Argued April 21, 1981 Decided June 25, 1981
- Full case name: United States Postal Service v. Council of Greenburgh Civic Associations
- Docket no.: 80-608
- Citations: 453 U.S. 114 (more)
- Argument: Oral argument

Holding
- A statute prohibiting the deposit of unstamped 'mailable matter' in a USPS-approved mailbox is constitutional.

Court membership
- Chief Justice Warren E. Burger Associate Justices William J. Brennan Jr. · Potter Stewart Byron White · Thurgood Marshall Harry Blackmun · Lewis F. Powell Jr. William Rehnquist · John P. Stevens

Case opinions
- Majority: Rehnquist,Burger, Stewart, Blackmun, Powell
- Concurrence: Brennan
- Concurrence: White
- Dissent: Marshall
- Dissent: Stevens

= Postal Service v. Council of Greenburgh Civic Ass'ns =

Postal Service v. Council of Greenburgh Civic Ass'ns, 453 U.S. 114 (1981), is a U.S. Supreme Court case which "upheld the constitutionality of a statute that prohibited the deposit of unstamped 'mailable matter' in a mailbox approved by the United States Postal Service."

==Background==
The Council of Greenburgh Civic Associations, a group of civic organizations based in Westchester County, New York, had a history of placing unstamped pamphlets in private mailboxes. In June 1976, the White Plains postmaster notified one member, the Saw Mill Civic Association, that their actions violated 18 U.S.C § 1725. The Postmaster then warned the CGCA that repeated violations would incur $300 fines.

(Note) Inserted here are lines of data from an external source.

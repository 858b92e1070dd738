// What a stream operator reads of an answer.
ghost use Rattle.rsp_streams_out.specs.Turning.{Reads};

use rsp_report::Operator;

/// What the rows of a report are taken from.
#[derive(Clone, Copy, PartialEq, Eq, Drop)]
pub enum Reading {
    /// All solutions of now.
    Solutions,
    /// The change of the solutions since the preceding report.
    Change,
    /// Nothing: there are no rows.
    Nothing,
}

/// What the operator reads, where its query has reported before, or hasn't. Before its first report no rows precede it: all
/// are new then, and none has gone.
pub fn read_by(operator: Operator, has_reported: bool) -> Reading
    ensures { Reads operator has_reported result }
{
    match operator {
        Operator::Rstream => Reading::Solutions,
        Operator::Istream if !has_reported => Reading::Solutions,
        Operator::Dstream if !has_reported => Reading::Nothing,
        _ => Reading::Change,
    }
}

Citing the First Amendment of the United States Constitution, the CGCA sued the USPS for injunctive relief in February 1977. The District Court for the Southern District of New York dismissed the complaint for failure to state a claim. However, the United States Court of Appeals, Second Circuit remanded the case on the basis that the dismissal prevented the CGCA from demonstrating alleged constitutional handicaps.

==Opinion of the Court==
In a 7-2 majority opinion delivered by Justice William Rehnquist, the Supreme Court upheld 18 U.S.C § 1725. The Court cited Adderley v. Florida and Greer v. Spock to show that "[The] First Amendment does not guarantee access to property simply because it is owned or controlled by the government."

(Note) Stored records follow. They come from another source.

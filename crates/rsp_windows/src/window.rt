// One query's windows, by their width, their distance and their first opening.

ghost use Rattle.std.specs.Prelude.{◌≡◌, Some, false, nat_le, true, ◌%◌, ℕ, ◌+◌, ◌*◌, ◌^◌, ◌<◌, ◌≤◌, ◌↔◌, IfSome, IsSome};
ghost use Rattle.std.specs.Option.{option_map_or};
ghost use Rattle.rsp_spec.specs.Instants.{IsLeastIn};
ghost use Rattle.rsp_spec.specs.Windows.{IsShape, Shape, active_window, closes_at, closing, is_needed, opening};
ghost use Rattle.rsp_spec.specs.Relations.{IsActive, IsAtMost, IsLastNeeded, IsNeeded, IsNextClosing};

use crate::congruence::next_shared;
use rsp_spec::limits::LAST_INSTANT;
use std::marker::Model;

/// Windows of one width that open at equal distances, numbered from 0. Window k is open after its opening,
/// `origin + k * slide`, up to and with its closing, `width` later. All times are milliseconds.
#[derive(Clone, Copy, PartialEq, Eq)]
pub struct Window {
    width: u64,
    slide: u64,
    origin: u64,
}

impl Model for Window {
    ghost use Rattle.rsp_spec.specs.Windows.{IsShape, Shape};

    ghost Value = { Shape };

    ghost view = { λ w. record { width = w.width; slide = w.slide; origin = w.origin } };

    ghost invariant = { λ w. IsShape (record { width = w.width; slide = w.slide; origin = w.origin }) };

    ghost inverse = { λ s. record { width = s.width; slide = s.slide; origin = s.origin } };
}

impl Window {
    /// Windows that are open for `width` ms, one opening `slide` ms after another and the first at `origin`.
    /// None where `width` or `slide` is 0, or one of the three is past the end of the year 9999.
    pub fn new(width: u64, slide: u64, origin: u64) -> Option<Window>
        ensures shape { IfSome result (λ w. w ≡ record { width = width; slide = slide; origin = origin }) }
        ensures some { IsSome result ↔ IsShape (record { width = width; slide = slide; origin = origin }) }
    {
        if width == 0 || slide == 0 {
            return None;
        }
        if width > LAST_INSTANT || slide > LAST_INSTANT || origin > LAST_INSTANT {
            return None;
        }
        Some(Window {
            width,
            slide,
            origin,
        })
    }

    /// The number of the window that is reported at `t` ms: of those that contain it the one that opened first. None
    /// where none does. `t` is at most 2^48. What `active` gives can be handed to `opening` and `closing`.
    pub fn active(&self, t: u64) -> Option<u64>
        requires { t ≤ 2 ^ 48 }
        ensures value { result ≡ active_window self.now t }
        ensures least { IsActive self.now t result }
        ensures within { IfSome result (λ k. k * self.now.slide ≤ t) }
        ensures shape { IsShape self.now }
    {
        let k = self.first_to_reach(t);
        if self.opening(k) < t { Some(k) } else { None }
    }

    /// When window `k` opens, in ms. This instant is not in it. `k * slide` is at most 2^62.
    pub fn opening(&self, k: u64) -> u64
        requires { k * self.now.slide ≤ 2 ^ 62 }
        ensures { result ≡ opening self.now k }
    {
        self.origin + k * self.slide
    }

    /// When window `k` closes, in ms. This instant is its last. `k * slide` is at most 2^62.
    pub fn closing(&self, k: u64) -> u64
        requires { k * self.now.slide ≤ 2 ^ 62 }
        ensures { result ≡ closing self.now k }
    {
        self.opening(k) + self.width
    }

    /// Whether some window closes at `t` ms, which is at most 2^48.
    pub fn closes_at(&self, t: u64) -> bool
        requires { t ≤ 2 ^ 48 }
        ensures value { result ≡ closes_at self.now t }
        ensures shape { IsShape self.now }
    {
        let first_closing = self.origin + self.width;
        if t < first_closing {
            return false;
        }
        (t - first_closing) % self.slide == 0
    }

    /// The least closing at `from` ms or later. `from` is at most 2^48; the closing is less than 2^50.
    pub fn next_close(&self, from: u64) -> u64
        requires { from ≤ 2 ^ 48 }
        ensures least { IsLeastIn (λ t. closes_at self.now t ≡ true) from result (Some result) }
        ensures next { IsNextClosing self.now from result }
        ensures within { result < 2 ^ 50 }
        ensures shape { IsShape self.now }
    {
        self.first_closing(from)
    }

    fn first_closing(&self, from: u64) -> u64
        requires { from ≤ 2 ^ 48 }
        ensures next { IsNextClosing self.now from result }
        ensures within { result < 2 ^ 50 }
        ensures shape { IsShape self.now }
    {
        self.closing(self.first_to_reach(from))
    }

    /// The least closing from `from` to `to` ms that `period` ms divide; None exactly where there is none. By the
    /// extended Euclidean algorithm, however far away it is. `period` is from 1 to 2^48.
    pub fn next_close_multiple(&self, period: u64, from: u64, to: u64) -> Option<u64>
        requires period_low { 0 < period }
        requires period_high { period ≤ 2 ^ 48 }
        ensures { IsLeastIn (λ t. (closes_at self.now t ≡ true) × (t % period ≡ 0)) from to result }
    {
        next_shared(self.origin + self.width, self.slide, period, from, to)
    }

    /// The greatest closing among the windows that contain `time` ms: up to this instant an item of that time can be in
    /// a content. None where no window contains it. `time` is at most 2^48.
    pub fn last_needed(&self, time: u64) -> Option<u64>
        requires { time ≤ 2 ^ 48 }
        ensures value { (from : ℕ) → is_needed self.now time from ≡ option_map_or (λ last. nat_le from last) result false }
        ensures last { IsLastNeeded self.now time result }
        ensures needed { (from : ℕ) → IsNeeded self.now time from ↔ IsAtMost from result }
        ensures within { IfSome result (λ last. last < 2 ^ 50) }
        ensures shape { IsShape self.now }
    {
        self.last_closing(time)
    }

    fn last_closing(&self, time: u64) -> Option<u64>
        requires { time ≤ 2 ^ 48 }
        ensures last { IsLastNeeded self.now time result }
        ensures needed { (from : ℕ) → IsNeeded self.now time from ↔ IsAtMost from result }
        ensures within { IfSome result (λ last. last < 2 ^ 50) }
        ensures shape { IsShape self.now }
    {
        if time <= self.origin {
            return None;
        }
        let closing = self.closing(self.last_to_open(time));
        if closing < time { None } else { Some(closing) }
    }

    // the last window that opens before t
    fn last_to_open(&self, t: u64) -> u64
        requires high { t ≤ 2 ^ 48 }
        requires begun { self.now.origin < t }
        ensures opens { opening self.now result < t }
        ensures last { (k : ℕ) → opening self.now k < t → k ≤ result }
        ensures within { result * self.now.slide ≤ t }
        ensures shape { IsShape self.now }
    {
        (t - 1 - self.origin) / self.slide
    }

    /// The number of the first window that closes at `t` ms or later: items up to its opening are in no content from `t`
    /// on. `t` is at most 2^48. The number can be handed to `opening` and `closing`.
    pub fn first_to_reach(&self, t: u64) -> u64
        requires { t ≤ 2 ^ 48 }
        ensures reaches { t ≤ closing self.now result }
        ensures first { (k : ℕ) → k < result → closing self.now k < t }
        ensures within { result * self.now.slide ≤ t + self.now.slide }
        ensures shape { IsShape self.now }
    {
        t.saturating_sub(self.origin + self.width)
            .div_ceil(self.slide)
    }
}
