//! Windows over time: which of a row of equally spaced windows is reported at an instant, when it opens and when it
//! closes. A window is (opening, closing], in milliseconds: its opening isn't in it, its closing is.
//!
//! Each call is exact: what it gives is the definition in `rsp_spec`'s `Windows`, which walks over the windows one by
//! one, while the code divides. No call takes memory.
#![tactic(auto)]

mod congruence;
mod window;

pub use window::Window;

===Brennan's Concurrence===
Justice William J. Brennan Jr. concurred with the Court's judgment, but partially disagreed with the reasoning. He opined that the majority opinion largely glossed over the question of government property as a public forum. Nevertheless, he viewed the law as "a reasonable time, place, and manner regulation."

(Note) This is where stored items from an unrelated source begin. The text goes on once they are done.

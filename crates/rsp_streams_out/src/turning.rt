// What a stream operator reports.
ghost use Rattle.std.specs.Prelude.{◌≡◌, List, IfOk};
ghost use Rattle.rsp_multiset.specs.Rows.{Cells, row_eq};
ghost use Rattle.rsp_multiset.specs.Weights.{Holds, IsSameMultiset, times, weight};
ghost use Rattle.rsp_terms.specs.declared.term.Term.{Term};
ghost use Rattle.rsp_terms.specs.Same.{term_eq};
ghost use Rattle.rsp_streams_out.specs.Rows.{in_order};
ghost use Rattle.rsp_streams_out.specs.Streams.{reported};
ghost use Rattle.rsp_streams_out.specs.Turning.{times_reported, StandsFor};

use crate::listing::rows_of;
use crate::{PrintedRows, printed};
use rsp_multiset::{Bag, Changes, Row, incoming_rows, negative, outgoing_rows, positive};
use rsp_report::Operator;
use rsp_terms::{Listed, Term};
use std::alloc::{AllocError, Global};

/// The rows that the operator reports, in the byte order of their texts. RSTREAM reads `solutions` alone, which are those of
/// now; ISTREAM and DSTREAM read `change` alone, by which the solutions of now differ from those of the preceding report.
/// Fails only where memory is refused or a number is out of range.
pub fn turn(
    alloc: Global,
    operator: Operator,
    change: &Changes<Row<Term>>,
    solutions: &Bag<Term>,
) -> Result<Listed<Row<Term>>, AllocError>
    ensures rows { IfOk result (λ rows. (preceding present : List (Cells Term))
        → StandsFor operator change.now solutions.now preceding present → rows ≡ reported operator preceding present) }
    ensures counts { IfOk result (λ rows. (preceding present : List (Cells Term))
        → StandsFor operator change.now solutions.now preceding present
        → (q : Cells Term) → times (row_eq term_eq) rows q ≡ times_reported operator preceding present q) }
{
    Ok(turn_printed(alloc, operator, change, solutions)?.into_rows())
}

/// The same rows with their lines.
pub fn turn_printed(
    alloc: Global,
    operator: Operator,
    change: &Changes<Row<Term>>,
    solutions: &Bag<Term>,
) -> Result<PrintedRows, AllocError>
    ensures rows { IfOk result (λ rows. (preceding present : List (Cells Term))
        → StandsFor operator change.now solutions.now preceding present → rows ≡ reported operator preceding present) }
    ensures counts { IfOk result (λ rows. (preceding present : List (Cells Term))
        → StandsFor operator change.now solutions.now preceding present
        → (q : Cells Term) → times (row_eq term_eq) rows q ≡ times_reported operator preceding present q) }
{
    match operator {
        Operator::Rstream => in_order_of(alloc, solutions),
        Operator::Istream => in_order_of(alloc, &positive(alloc, change)?),
        Operator::Dstream => in_order_of(alloc, &negative(alloc, change)?),
    }
}

/// The same of a change and of solutions that are given away: their rows are moved, and only further copies of a row are shared.
pub fn turn_owned(
    alloc: Global,
    operator: Operator,
    change: Changes<Row<Term>>,
    solutions: Bag<Term>,
) -> Result<PrintedRows, AllocError>
    ensures rows { IfOk result (λ rows. (preceding present : List (Cells Term))
        → StandsFor operator change solutions preceding present → rows ≡ reported operator preceding present) }
    ensures counts { IfOk result (λ rows. (preceding present : List (Cells Term))
        → StandsFor operator change solutions preceding present
        → (q : Cells Term) → times (row_eq term_eq) rows q ≡ times_reported operator preceding present q) }
{
    match operator {
        Operator::Rstream => in_their_order(alloc, solutions.into_rows(alloc)?),
        Operator::Istream => in_their_order(alloc, incoming_rows(alloc, change)?),
        Operator::Dstream => in_their_order(alloc, outgoing_rows(alloc, change)?),
    }
}

// the rows of a bag, in order
fn in_order_of(alloc: Global, bag: &Bag<Term>) -> Result<PrintedRows, AllocError>
    ensures rows { IfOk result (λ rows. (wanted : List (Cells Term))
        → Holds (row_eq term_eq) bag.now wanted → rows ≡ in_order wanted) }
    ensures counts { IfOk result (λ rows. (q : Cells Term) → times (row_eq term_eq) rows q ≡ weight (row_eq term_eq) bag.now q) }
{
    printed(alloc, rows_of(alloc, bag)?)
}

// the rows, in order
fn in_their_order(alloc: Global, rows: Vec<Row<Term>>) -> Result<PrintedRows, AllocError>
    ensures rows { IfOk result (λ out. (wanted : List (Cells Term))
        → IsSameMultiset (row_eq term_eq) rows.items wanted → out ≡ in_order wanted) }
    ensures counts { IfOk result (λ out. (q : Cells Term)
        → times (row_eq term_eq) out q ≡ times (row_eq term_eq) rows.items q) }
{
    printed(alloc, Listed::from_vec(rows))
}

===White's Concurrencee===
Justice Byron White concurred with the judgment on the basis that the CGCA did not argue for using the mail for free delivery. He elaborates that for those who pay the postage, the mail serves as a public forum for the written word.

===Marshall's Dissent===
Justice Thurgood Marshall dissented by claiming that the code in question was unconstitutionally vague, as previous decisions regarding protection against mail fraud or privacy invasions, included language specifically proscribing such acts. He further postulated that distribution of letters and handbills served as a political medium for disadvantaged groups.

===Stevens' Dissent===

Justice John P. Stevens agreed with Marshall's proposal for a less drastic solution, but differed in reasoning in that he viewed the mailbox as private property.